Expression of Dead Pol η stimulates homologous recombination and results in CFS instability. (A) Pol η (green), γH2AX (red), BRCA1 (red), and Rad51 (red) foci formation were revealed by immunofluorescence in U2OS cells transiently transfected with pcDNA-Flag-Dead Pol η. Triton preextraction was performed before fixation. Images obtained from confocal analysis show the colocalization of each protein with Dead Pol η. Bars, 10 µM. (B) Sister chromatid exchange analyses in U2OS cells transiently transfected with pcDNA (empty vector), pCDNA-Flag-WT Pol η, or pcDNA-Flag-Dead Pol η cells were labeled with BrdU for 45 h and treated with Karyomax for 3 h. Metaphases were spread on a glass slide and stained with Hoechst as described in Materials and methods. Differential incorporation of BrdU in each chromatid is obtained after DAPI staining and sister chromatid exchange (noted with arrows; bar, 10 µM) is scored (>3,000 chromosomes, 3 independent experiments).
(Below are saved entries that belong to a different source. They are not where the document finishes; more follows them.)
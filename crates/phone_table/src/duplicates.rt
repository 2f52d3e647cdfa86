//! The columns of duplicates: of which record another one has the key, and how many have it.
ghost use Rattle.std.specs.Prelude.{◌≡◌, ◌+◌, ◌<◌, ◌++◌, ◌∷◌, [], IfOk, IfSome, OnOk};
ghost use Rattle.std.specs.Prelude.{Some, String, cond, drop, slice_range, string_bytes, take};
ghost use Rattle.std.specs.Option.{option_to_list};
ghost use Rattle.std.specs.String.{string_eq};
ghost use Rattle.std.specs.declared.alloc.Global as global;
ghost use Rattle.csv.specs.Records.{field_at, fields_of, partial_of};
ghost use Rattle.phone_csv.specs.Formats.{record_text};
ghost use Rattle.phone_csv.specs.RecordReports.{rows_text};
ghost use Rattle.phone_table.specs.Duplicates.{duplicate_of, duplicates, marked_rows, marks};
ghost use Rattle.phone_table.specs.Duplicates.{number_text, shared_by};
ghost use Rattle.phone_table.specs.Held.{answered, answered_of, found, found_after, found_at};
ghost use Rattle.phone_table.specs.Held.{one_more};

use csv::ByteRecord;
use itoa::Buffer;
use phone_csv::{Format, add_record};
use std::alloc::{AllocError, Global};
use std::collections::HashMap;

/// A record that was answered, and isn't written yet.
#[derive(Drop)]
pub struct Held {
    /// How many fields are its own.
    pub width: usize,
    /// These, and behind them those of its answer.
    pub fields: ByteRecord,
    /// The key of its number, where one was read.
    pub key: Option<String>,
}

/// The records that share a key.
#[derive(Clone, Copy, PartialEq, Eq, Debug)]
pub struct Shared {
    /// The number of the first one; the header is number 1.
    pub first: usize,
    /// How many they are.
    pub count: usize,
}

/// The records that share a key after one more, of this number.
fn one_more(shared: Option<Shared>, number: usize) -> Shared
    requires { IfSome shared (λ s. s.count + 1 < number) }
    ensures { result ≡ one_more shared number }
{
    match shared {
        Some(shared) => Shared {
            first: shared.first,
            count: shared.count + 1,
        },
        None => Shared {
            first: number,
            count: 1,
        },
    }
}

/// The number of the first of the records that share a key, told on another one of them.
fn duplicate_of(shared: Option<Shared>, number: usize) -> Option<usize>
    ensures { result ≡ duplicate_of shared number }
{
    match shared {
        Some(shared) if shared.first != number => Some(shared.first),
        _ => None,
    }
}

/// How many later ones share the key of the first one, told on that, if any.
fn duplicates(shared: Option<Shared>, number: usize) -> Option<usize>
    ensures { result ≡ duplicates shared number }
{
    match shared {
        Some(shared) if shared.first == number && shared.count > 1 => Some(shared.count - 1),
        _ => None,
    }
}

/// Puts a number behind the fields of a record, an empty field for none. Refused only for memory.
fn push_number(fields: &mut ByteRecord, number: Option<usize>) -> Result<(), AllocError>
    requires { partial_of fields.old ≡ [] }
    ensures fields { OnOk result (fields_of fields.new ≡
        fields_of fields.old ++ number_text number ∷ []) }
    ensures partial { OnOk result (partial_of fields.new ≡ []) }
{
    match number {
        Some(number) => {
            let mut buffer = Buffer::new();
            let digits = buffer.format(number);
            fields.push_field(digits.as_bytes())
        }
        None => fields.push_field(b""),
    }
}

/// Puts what the columns tell of the record of a number behind fields. Refused only for memory.
fn push_marks(
    fields: &mut ByteRecord,
    shared: Option<Shared>,
    number: usize,
) -> Result<(), AllocError>
    requires { partial_of fields.old ≡ [] }
    ensures fields { OnOk result (fields_of fields.new ≡
        fields_of fields.old ++ marks shared number) }
    ensures partial { OnOk result (partial_of fields.new ≡ []) }
{
    push_number(fields, duplicate_of(shared, number))?;
    push_number(fields, duplicates(shared, number))
}

/// Puts the field of a record at a place, where there is one, behind those of another. Refused only
/// for memory.
fn push_one(fields: &mut ByteRecord, from: &ByteRecord, place: usize) -> Result<(), AllocError>
    requires { partial_of fields.old ≡ [] }
    ensures fields { OnOk result (fields_of fields.new ≡
        fields_of fields.old ++ option_to_list (field_at (fields_of from.now) place)) }
    ensures partial { OnOk result (partial_of fields.new ≡ []) }
{
    match from.get(place) {
        Some(field) => fields.push_field(field),
        None => Ok(()),
    }
}

/// Puts some fields of a record behind those of another. Refused only for memory.
fn push_fields(
    fields: &mut ByteRecord,
    from: &ByteRecord,
    start: usize,
    end: usize,
) -> Result<(), AllocError>
    requires { partial_of fields.old ≡ [] }
    ensures fields { OnOk result (fields_of fields.new ≡
        fields_of fields.old ++ slice_range (fields_of from.now) start end) }
    ensures partial { OnOk result (partial_of fields.new ≡ []) }
{
    'fields: for place in start..end {
        push_one(fields, from, place)?;
    }
    Ok(())
}

/// The row of a record of this number: its own fields, what the columns tell, its answer. Refused
/// only for memory.
fn marked(
    alloc: Global,
    held: &Held,
    shared: Option<Shared>,
    number: usize,
) -> Result<ByteRecord, AllocError>
    ensures { IfOk result (λ row. fields_of row ≡ take held.now.width (fields_of held.now.fields) ++
        (marks shared number ++ drop held.now.width (fields_of held.now.fields))) }
{
    let mut row = ByteRecord::new(alloc);
    push_fields(&mut row, &held.fields, 0, held.width)?;
    push_marks(&mut row, shared, number)?;
    push_fields(&mut row, &held.fields, held.width, held.fields.len())?;
    Ok(row)
}

/// The records that share the key of a record, where it has one.
fn shared_at(keys: &HashMap<String, Shared>, key: &Option<String>) -> Option<Shared>
    ensures { result ≡ found_at keys.now.entries key.now }
{
    match key {
        Some(key) => shared_by(keys, key),
        None => None,
    }
}

/// The records that share a key.
fn shared_by(keys: &HashMap<String, Shared>, key: &String) -> Option<Shared>
    ensures { result ≡ found keys.now.entries key.now }
{
    match keys.get(key) {
        Some(shared) => Some(*shared),
        None => None,
    }
}

/// Puts the records that share a key there, in place of what stands there. Refused only for memory.
fn put(keys: &mut HashMap<String, Shared>, key: String, shared: Shared) -> Result<(), AllocError>
    ensures { OnOk result ((q : String global.Global) → found keys.new.entries q ≡
        cond (string_eq key q) (Some shared) (found keys.old.entries q)) }
{
    match keys.insert(key, shared) {
        Ok(_) => Ok(()),
        Err(_) => Err(AllocError),
    }
}

/// Counts the record of a number to those with its key, where it has one. Refused only for memory.
fn count_one(
    alloc: Global,
    keys: &mut HashMap<String, Shared>,
    key: &Option<String>,
    number: usize,
) -> Result<(), AllocError>
    requires { IfSome (found_at keys.old.entries key.now) (λ s. s.count + 1 < number) }
    ensures { OnOk result ((q : String global.Global) → found keys.new.entries q ≡
        found_after keys.old.entries key.now number q) }
{
    let Some(key) = key else {
        return Ok(());
    };
    let shared = one_more(shared_by(keys, key), number);
    put(keys, String::from_str(alloc, key.as_str())?, shared)
}

/// The records that share each key. Refused only for memory.
fn keys_of(alloc: Global, all: &[Held]) -> Result<HashMap<String, Shared>, AllocError>
    ensures { IfOk result (λ m. (q : String global.Global) →
        found m.entries q ≡ shared_by (answered all.now) (string_bytes q)) }
{
    let mut keys = HashMap::new(alloc);
    for (place, held) in all.iter().enumerate() {
        count_one(alloc, &mut keys, &held.key, place + 2)?;
    }
    Ok(keys)
}

/// Puts the text of the row of a record of this number behind a text. Refused only for memory.
fn push_row(
    alloc: Global,
    format: Format,
    keys: &HashMap<String, Shared>,
    held: &Held,
    number: usize,
    text: &mut Vec<u8>,
) -> Result<(), AllocError>
    ensures { OnOk result (text.new.items ≡ text.old.items ++ record_text format
        ((answered_of held.now).own ++ (marks (found_at keys.now.entries held.now.key) number ++
        (answered_of held.now).answer))) }
{
    let shared = shared_at(keys, &held.key);
    let row = marked(alloc, held, shared, number)?;
    add_record(alloc, format, &row, text)
}

/// Puts the texts of the rows of all records behind a text. Refused only for memory.
fn push_rows(
    alloc: Global,
    format: Format,
    keys: &HashMap<String, Shared>,
    all: &[Held],
    text: &mut Vec<u8>,
) -> Result<(), AllocError>
    requires { (q : String global.Global) →
        found keys.now.entries q ≡ shared_by (answered all.now) (string_bytes q) }
    ensures { OnOk result (text.new.items ≡ text.old.items ++
        rows_text format (marked_rows (answered all.now) 2 (answered all.now))) }
{
    for (place, held) in all.iter().enumerate() {
        push_row(alloc, format, keys, held, place + 2, text)?;
    }
    Ok(())
}

/// The texts of the rows of all records, behind a text. Refused only for memory.
pub(crate) fn marked_text(
    alloc: Global,
    format: Format,
    front: Vec<u8>,
    all: &[Held],
) -> Result<Vec<u8>, AllocError>
    ensures { IfOk result (λ text. text.items ≡ front.items ++
        rows_text format (marked_rows (answered all.now) 2 (answered all.now))) }
{
    let keys = keys_of(alloc, all)?;
    let mut text = front;
    push_rows(alloc, format, &keys, all, &mut text)?;
    Ok(text)
}
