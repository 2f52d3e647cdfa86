//! The run over a table of customers.
ghost use Rattle.std.specs.Prelude.{◌≡◌, ℕ, List, [], IfErr, IfOk, IsNone, None, Option, Some};
ghost use Rattle.std.specs.Prelude.{false};
ghost use Rattle.csv.specs.Records.{fields_of, partial_of};
ghost use Rattle.phone_csv.specs.Formats.{Record};
ghost use Rattle.phone_csv.specs.Runs.{OfRead};
ghost use Rattle.phone_device.specs.Passing.{IsAtEnd};
ghost use Rattle.phone_lines.specs.Ends.{seen};
ghost use Rattle.phone_table.specs.Summaries.{IsEmpty};
ghost use Rattle.phone_table.specs.Counts.{no_counts};
ghost use Rattle.phone_table.specs.Headers.{first_taken};
ghost use Rattle.phone_table.specs.Runs.{IsRefused, RowsEnd, RunEnds, names_in};
ghost use Rattle.phone_table.specs.Tables.{IsHeader};

use crate::header::{ColumnError, columns_of};
use crate::marked::write_marked;
use crate::names::{added_names, first_taken};
use crate::rows::write_rows;
use crate::summed::{Totals, told_whole};
use crate::table::Table;
use crate::unknown::UnknownNames;
use csv::ByteRecord;
use phone_answers::Extra;
use phone_csv::{First, FirstError, RunError, first_record, is_delimiter};
use phone_device::{ByteSink, ByteSource};
use phone_engine::Engine;
use phone_places::Countries;
use phone_plans::Plans;
use std::alloc::Global;

/// What is asked of a table.
#[derive(Clone, Copy)]
pub struct Asked<'a> {
    /// The name of the column of the numbers.
    pub number: &'a str,
    /// The name of the column of the regions, where there is one.
    pub region: Option<&'a str>,
    /// The byte between fields: any but a quote and a line end.
    pub delimiter: u8,
    /// The table of the names of regions, where regions are named otherwise than by their ids too.
    pub countries: Option<&'a Countries>,
    /// Whether a record is read under the engine's hint where it names no region that there is.
    pub else_hint: bool,
    /// Whether a record with another count of fields than the header is given back with a refusal,
    /// and doesn't end the run.
    pub mark_bad: bool,
    /// Whether of the records with one number, by its E.164 text and its extension, the first is
    /// given back alone.
    pub is_unique: bool,
    /// Whether columns tell which records have one number, by the same; then each is given back.
    pub tells_duplicates: bool,
    /// What stands in front of the name of each column behind the header's own.
    pub front: &'a str,
    /// The columns that stand between the header's own and the answer's.
    pub extra: &'a [Extra<'a>],
    /// The database of short numbers, where the kinds of these are told.
    pub short: Option<&'a Plans>,
    /// Whether types, regions, refusals and words of what is suspicious are counted.
    pub is_summed: bool,
}

impl<'a> Asked<'a> {
    /// What is asked of a table with commas whose numbers stand in the column of this name, and
    /// nothing more.
    pub fn of(number: &'a str) -> Asked<'a>
        ensures asked { result ≡ record {
          number = number.entry;
          region = None;
          delimiter = 44;
          countries = None;
          else_hint = false;
          mark_bad = false;
          is_unique = false;
          tells_duplicates = false;
          front = result.front;
          extra = result.extra;
          short = None;
          is_summed = false;
        } }
        ensures front { result.front.now ≡ [] }
        ensures extra { result.extra.now ≡ [] }
    {
        Asked {
            number,
            region: None,
            delimiter: b',',
            countries: None,
            else_hint: false,
            mark_bad: false,
            is_unique: false,
            tells_duplicates: false,
            front: "",
            extra: &[],
            short: None,
            is_summed: false,
        }
    }
}

/// Why a table was not answered whole.
#[derive(Drop)]
pub enum TableError {
    /// The byte between fields is a quote or a line end.
    Delimiter,
    /// The header was not read.
    Header(FirstError),
    /// The header, which stands here, has no column of a name that is asked for, or more than one.
    NoColumn(ColumnError, ByteRecord),
    /// This name, which is to be put behind the header, stands there already.
    Taken(Vec<u8>),
    /// The run over the records ended.
    Rows(RunError),
}

/// The error of a name that stands in a header already. By `Rows` where memory is refused.
fn taken(alloc: Global, name: &[u8]) -> TableError
    ensures { (header added : Record) → first_taken header added ≡ Some name.now →
        IsRefused header added result }
{
    match name.to_vec(alloc) {
        Ok(name) => TableError::Taken(name),
        Err(_) => TableError::Rows(RunError::Memory),
    }
}

/// The names that are put behind a header. Refused by `Taken` where one of them stands there
/// already, or is put there twice, and by `Rows` where memory is refused.
fn names_behind(
    alloc: Global,
    asked: Asked<'_>,
    header: &ByteRecord,
) -> Result<ByteRecord, TableError>
    ensures names { IfOk result (λ added. fields_of added ≡ names_in asked.entry) }
    ensures free { IfOk result
        (λ _. first_taken (fields_of header.now) (names_in asked.entry) ≡ None) }
    ensures refused { IfErr result (IsRefused (fields_of header.now) (names_in asked.entry)) }
{
    let Ok(added) = added_names(alloc, asked.front, asked.tells_duplicates, asked.extra) else {
        return Err(TableError::Rows(RunError::Memory));
    };
    if let Some(name) = first_taken(header, &added) {
        return Err(taken(alloc, name));
    }
    Ok(added)
}

/// Gives a table back: its header with names behind its own, those of the columns that are asked
/// for and then those of an answer, as [`phone_answers::Field`] has them; and its records in their
/// order, unchanged, each with its answer behind its fields. The first record is the header. Where
/// a UTF-8 byte-order mark stands in front of it, that is no part of its first name, and the output
/// begins with one too. Each record is ended by a carriage return and a line feed where a carriage
/// return ended the header, else by a line feed. What is read and written is CSV as the kit's `csv`
/// has it, with this delimiter. Nothing in memory grows with the number of records, but with
/// `is_unique`, where the keys of numbers are kept: then a record is left out where an earlier one
/// has a number of the same E.164 text and the same extension; and with `tells_duplicates`, where
/// all are. It gives how many records there were, how many of them were answered otherwise than by
/// a valid number, and how many were left out; with `is_summed` also how often each type, region,
/// refusal and word of what is suspicious was answered, in all records, those that are left out
/// with them.
///
/// With `tells_duplicates` two columns stand before the others. `duplicate_of` has, where an
/// earlier record has the number and its extension, the number of the first one that has, the
/// header counted as 1; `duplicates` has, on that one, how many later ones there are. They are
/// empty else. All is read and answered before anything is written, so nothing is where that breaks
/// off.
///
/// The answer to a number, which is read and described by the engine: what each column that is
/// asked for tells of it, empty where its table has nothing; what each [`phone_answers::Field`]
/// tells of it, the refusal being empty. That to a refusal has its words in the last field alone:
/// to bytes that aren't UTF-8 `not UTF-8`, to a field that is empty, or white space alone, `empty`.
/// Where there is a database of short numbers, that to an emergency number of the region under
/// which the record is read has `Emergency` for the kind, that region, `valid`, and nothing else;
/// and that to another short number `ShortNumber`, where no valid number is read.
///
/// A record is read under the region whose id stands in its column of regions, in capital or small
/// letters, with or without white space around; under the engine's hint where that field is empty.
/// Where there is a table of the names of regions, what else the field may hold is a name of the
/// table, however it is written, or a calling code. Where the field holds anything else, the number
/// is refused with the words `unknown region`, and the run goes on; with `else_hint` the number is
/// read under the engine's hint. Where the table was answered whole, `unknown` is then the texts
/// that were refused so, with their counts.
///
/// Errors: `Delimiter`, before anything is read; `Header` where there is no header, `NoColumn`
/// where the header has no column of a name that is asked for, or more than one, and `Taken` where
/// one of the names that are put behind it stands there already, or is put there twice, before
/// anything is written; after the header was written `Rows` as `answer_records` has it, with
/// `Record` at a record that has another count of fields than the header, and the number of line
/// feeds before that record. With `mark_bad` such a record is given back as it is instead, and
/// after its fields the answer to a refusal, `wrong count of fields`. `Rows` and `Header` have
/// `Quote` where the table ends between quotes, with the line of the quote that is never closed,
/// counted from 1.
pub fn write_table<S: ByteSource, W: ByteSink>(
    engine: Engine<'_>,
    asked: Asked<'_>,
    source: &mut S,
    sink: &mut W,
    unknown: &mut UnknownNames,
) -> Result<Totals, TableError>
    ensures ends { RunEnds engine.entry.rules engine.entry.database.now engine.entry.hint
        asked.entry
        (seen (S.to_come source.old) (S.faults source.old) (W.taken sink.old)
        (W.faults sink.old) (W.unflushed sink.old))
        (seen (S.to_come source.new) (S.faults source.new) (W.taken sink.new)
        (W.faults sink.new) (W.unflushed sink.new))
        result }
{
    if !is_delimiter(asked.delimiter) {
        return Err(TableError::Delimiter);
    }
    let alloc = engine.database.allocator();
    let first = match first_record(alloc, asked.delimiter, source) {
        Ok(first) => first,
        Err(error) => return Err(TableError::Header(error)),
    };
    let columns = match columns_of(&first.fields, asked.number, asked.region) {
        Ok(columns) => columns,
        Err(error) => return Err(TableError::NoColumn(error, first.fields)),
    };
    let added = match names_behind(alloc, asked, &first.fields) {
        Ok(added) => added,
        Err(error) => return Err(error),
    };
    let table = Table::new(engine, asked, columns);
    match write_records(alloc, table, first, &added, source, sink, unknown) {
        Ok(totals) => Ok(totals),
        Err(error) => Err(TableError::Rows(error)),
    }
}

/// Writes a table whose header was read, with the columns of duplicates where they are asked for.
fn write_records<S: ByteSource, W: ByteSink>(
    alloc: Global,
    table: Table<'_>,
    first: First,
    added: &ByteRecord,
    source: &mut S,
    sink: &mut W,
    unknown: &mut UnknownNames,
) -> Result<Totals, RunError>
    requires partial { partial_of first.fields ≡ [] }
    requires end { IsNone first.rest → IsAtEnd (S.to_come source.old) }
    requires added { fields_of added.now ≡ names_in table.asked }
    requires counts { table.counts ≡ no_counts }
    requires summary { IsEmpty table.summary }
    requires keys { table.keys.keys ≡ [] }
    ensures ends { (before : Option (List ℕ)) → OfRead before (S.to_come source.old) (λ bytes.
        IsHeader table.entry.asked.delimiter (fields_of first.fields) first.rest first.has_mark
        bytes) → RowsEnd table.entry.engine.rules table.entry.engine.database.now
        table.entry.engine.hint table.entry.columns table.entry.asked (fields_of first.fields)
        (seen before (S.faults source.old) (W.taken sink.old)
        (W.faults sink.old) (W.unflushed sink.old))
        (seen (S.to_come source.new) (S.faults source.new) (W.taken sink.new)
        (W.faults sink.new) (W.unflushed sink.new))
        result }
{
    if table.asked.tells_duplicates {
        write_marked(alloc, table, first, added, source, sink, unknown)
    } else {
        write_plain(alloc, table, first, added, source, sink, unknown)
    }
}

/// The same without these columns: each record is written when it was read.
fn write_plain<S: ByteSource, W: ByteSink>(
    alloc: Global,
    table: Table<'_>,
    first: First,
    added: &ByteRecord,
    source: &mut S,
    sink: &mut W,
    unknown: &mut UnknownNames,
) -> Result<Totals, RunError>
    requires partial { partial_of first.fields ≡ [] }
    requires end { IsNone first.rest → IsAtEnd (S.to_come source.old) }
    requires plain { table.asked.tells_duplicates ≡ false }
    requires added { fields_of added.now ≡ names_in table.asked }
    requires counts { table.counts ≡ no_counts }
    requires summary { IsEmpty table.summary }
    requires keys { table.keys.keys ≡ [] }
    ensures ends { (before : Option (List ℕ)) → OfRead before (S.to_come source.old) (λ bytes.
        IsHeader table.entry.asked.delimiter (fields_of first.fields) first.rest first.has_mark
        bytes) → RowsEnd table.entry.engine.rules table.entry.engine.database.now
        table.entry.engine.hint table.entry.columns table.entry.asked (fields_of first.fields)
        (seen before (S.faults source.old) (W.taken sink.old)
        (W.faults sink.old) (W.unflushed sink.old))
        (seen (S.to_come source.new) (S.faults source.new) (W.taken sink.new)
        (W.faults sink.new) (W.unflushed sink.new))
        result }
{
    let mut table = table;
    let delimiter = table.asked.delimiter;
    match write_rows(alloc, &mut table, delimiter, first, added, source, sink) {
        Ok(()) => Ok(told_whole(table, unknown)),
        Err(error) => Err(error),
    }
}
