//! The region that a record names, and the hint under which it is read.
ghost use Rattle.std.specs.Prelude.{◌≡◌, IfOk, option_map};
ghost use Rattle.csv.specs.Records.{fields_of};
ghost use Rattle.phone_table.specs.Regions.{RegionText, TextOf, hint_under, named_by, region_meant};

use crate::header::Columns;
use crate::table::field_in;
use csv::ByteRecord;
use phone_places::{Countries, id_in, region_named};
use phone_plans::Plans;
use phone_values::country::Id;
use std::alloc::AllocError;

/// What the field of a region names.
#[derive(Clone, Copy, PartialEq, Eq, Debug)]
pub enum Named {
    /// Nothing: the field is empty.
    Nothing,
    /// This region.
    Region(Id),
    /// No region that there is.
    Unknown,
}

/// The text of a field without white space around it; none where the field is no UTF-8.
fn text_in(field: &[u8]) -> Option<&str>
    ensures { TextOf field.now (option_map (λ t. t.now) result) }
{
    match std::str::from_utf8(field) {
        Ok(text) => Some(text.trim()),
        Err(_) => None,
    }
}

/// The text by which a record names its region, white space around it passed over: empty where
/// there is no column of regions; none where the field is no text.
pub(crate) fn region_text(columns: Columns, fields: &ByteRecord) -> Option<&str>
    ensures { RegionText (fields_of fields.now) columns.region
        (option_map (λ t. t.now) result) }
{
    match columns.region {
        Some(column) => text_in(field_in(fields, column)),
        None => Some(""),
    }
}

/// The region that a text names: by its id alone, where there is no table of names. Refused only
/// for memory.
fn region_meant(
    countries: Option<&Countries>,
    plans: &Plans,
    text: &str,
) -> Result<Option<Id>, AllocError>
    ensures { IfOk result (λ found. found ≡
        region_meant (option_map (λ c. c.now) countries.entry) plans.now text.now) }
{
    match countries {
        Some(countries) => region_named(countries, plans, text),
        None => Ok(id_in(text)),
    }
}

/// What a text names as a region; `Unknown` where there is no text. Refused only for memory.
pub(crate) fn named_by(
    countries: Option<&Countries>,
    plans: &Plans,
    text: Option<&str>,
) -> Result<Named, AllocError>
    ensures { IfOk result (λ named. named ≡ named_by (option_map (λ c. c.now) countries.entry)
        plans.now (option_map (λ t. t.now) text.entry)) }
{
    let Some(text) = text else {
        return Ok(Named::Unknown);
    };
    if text.is_empty() {
        return Ok(Named::Nothing);
    }
    match region_meant(countries, plans, text)? {
        Some(id) => Ok(Named::Region(id)),
        None => Ok(Named::Unknown),
    }
}

/// The hint under which a record is read that names this region: its own, else the table's; none
/// where it names no region that there is, unless that takes the table's hint too.
pub(crate) fn hint_under(else_hint: bool, hint: Option<Id>, named: Named) -> Option<Option<Id>>
    ensures { result ≡ hint_under else_hint hint named }
{
    match named {
        Named::Nothing => Some(hint),
        Named::Region(id) => Some(Some(id)),
        Named::Unknown if else_hint => Some(hint),
        Named::Unknown => None,
    }
}
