//! The summary of the rows of a table.
ghost use Rattle.std.specs.Prelude.{◌≡◌, OnOk};
ghost use Rattle.csv.specs.Records.{fields_of};
ghost use Rattle.phone_table.specs.Summaries.{row_of};
ghost use Rattle.phone_table.specs.Summed.{SumsRow, doubts_place, extra_field, told_of, totals_of};

use crate::counts::{Counts, answer_field};
use crate::run::Asked;
use crate::table::{Table, field_in};
use crate::unknown::UnknownNames;
use crate::{Answered, Summary};
use csv::ByteRecord;
use phone_answers::{ANSWER_WIDTH, Extra, Field, tells_doubts};
use std::alloc::{AllocError, Global};

/// What is told of a table that was answered whole.
#[derive(Drop)]
pub struct Totals {
    /// How many records were answered, and how.
    pub counts: Counts,
    /// How often each type, region, refusal and word of what is suspicious was answered, where a
    /// summary is asked for.
    pub summary: Summary,
}

impl Totals {
    /// Those of a table of which no record was answered yet.
    pub fn new(alloc: Global) -> Totals {
        Totals {
            counts: Counts::new(),
            summary: Summary::new(alloc),
        }
    }
}

/// The place of the column that tells what is suspicious, where it is asked for.
fn doubts_place(extra: &[Extra<'_>]) -> Option<usize>
    ensures { result ≡ doubts_place extra.now }
{
    extra.iter().position(|column| tells_doubts(column.told))
}

/// The field of a row in a column that is asked for; empty where none is.
fn extra_field<'a>(extra: &[Extra<'_>], row: &'a ByteRecord, place: Option<usize>) -> &'a [u8]
    ensures { result.now ≡ extra_field extra.now (fields_of row.now) place }
{
    let Some(place) = place else {
        return &[];
    };
    let behind = extra.len().saturating_sub(place);
    let end = row.len().saturating_sub(ANSWER_WIDTH);
    field_in(row, end.saturating_sub(behind))
}

/// What a summary tells of a row.
fn told_of<'a>(extra: &[Extra<'_>], row: &'a ByteRecord) -> Answered<'a>
    ensures { row_of result ≡ told_of extra.now (fields_of row.now) }
{
    Answered {
        kind: answer_field(row, Field::Kind),
        region: answer_field(row, Field::Region),
        refusal: answer_field(row, Field::Refusal),
        suspicion: extra_field(extra, row, doubts_place(extra)),
    }
}

/// Counts a row in the summary, where one is asked for. Refused only for memory.
pub(crate) fn sum_row(
    alloc: Global,
    asked: Asked<'_>,
    row: &ByteRecord,
    summary: &mut Summary,
) -> Result<(), AllocError>
    ensures { OnOk result (SumsRow asked.entry (fields_of row.now) summary.old summary.new) }
{
    let is_summed = asked.is_summed;
    if is_summed {
        summary.add(alloc, told_of(asked.extra, row))
    } else {
        Ok(())
    }
}

/// What is told of a table that was answered whole: its texts that name no region are handed on.
pub(crate) fn told_whole(table: Table<'_>, unknown: &mut UnknownNames) -> Totals
    ensures { result ≡ totals_of table.entry }
{
    *unknown = table.unknown;
    Totals {
        counts: table.counts,
        summary: table.summary,
    }
}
Standard deviations are indicated by error bars. The statistical significance was assessed using t test; *, P = 0.042. (C) Quantification and illustration of the expression of the common fragile site FRA7H (translocations, amplifications, deletions) analyzed by FISH in WT and Dead Pol η–expressing U2OS cells (3 experiments; n > 20 metaphases; standard deviations are indicated by error bars). The statistical significance was assessed using t test; *, P = 0.017. Red, FRA7H probe; green, chromosome 7 centromeric probe. Bar, 10 µM (2 µM, insets).

Figure 6.

A model for the role of Pol η at stalled forks within CFS. In particular structured DNA containing subregions of CFSs that impede fork progression, slowdown or arrest of the replicative DNA polymerases causes partial functional uncoupling of the MCM helicase and the stalled replicative DNA polymerase activities, resulting in production of short stretches of ssDNA. In DNA sequences able to adopt stable secondary structures, intramolecular folding could be formed. (A) In wild-type cells, Pol η is recruited and can perform DNA synthesis through these structures, preventing unresolved replication intermediates. (B) In the absence of Pol η, this DNA synthesis through non-B DNA can be partially rescued by alternative factors (left), but a subpopulation of stalled forks escape to this rescue pathway, generating under-replicated ssDNA after further uncoupling between polymerases and helicases in a checkpoint-blind manner, which persists into mitosis (right). (C) In the presence of inactive Dead Pol η, no DNA synthesis through structured DNA is possible by endogenous Pol η or alternative factors, causing persistent fork stalling, increased uncoupling, ssDNA accumulation, and activation of the replication checkpoint or fork collapse.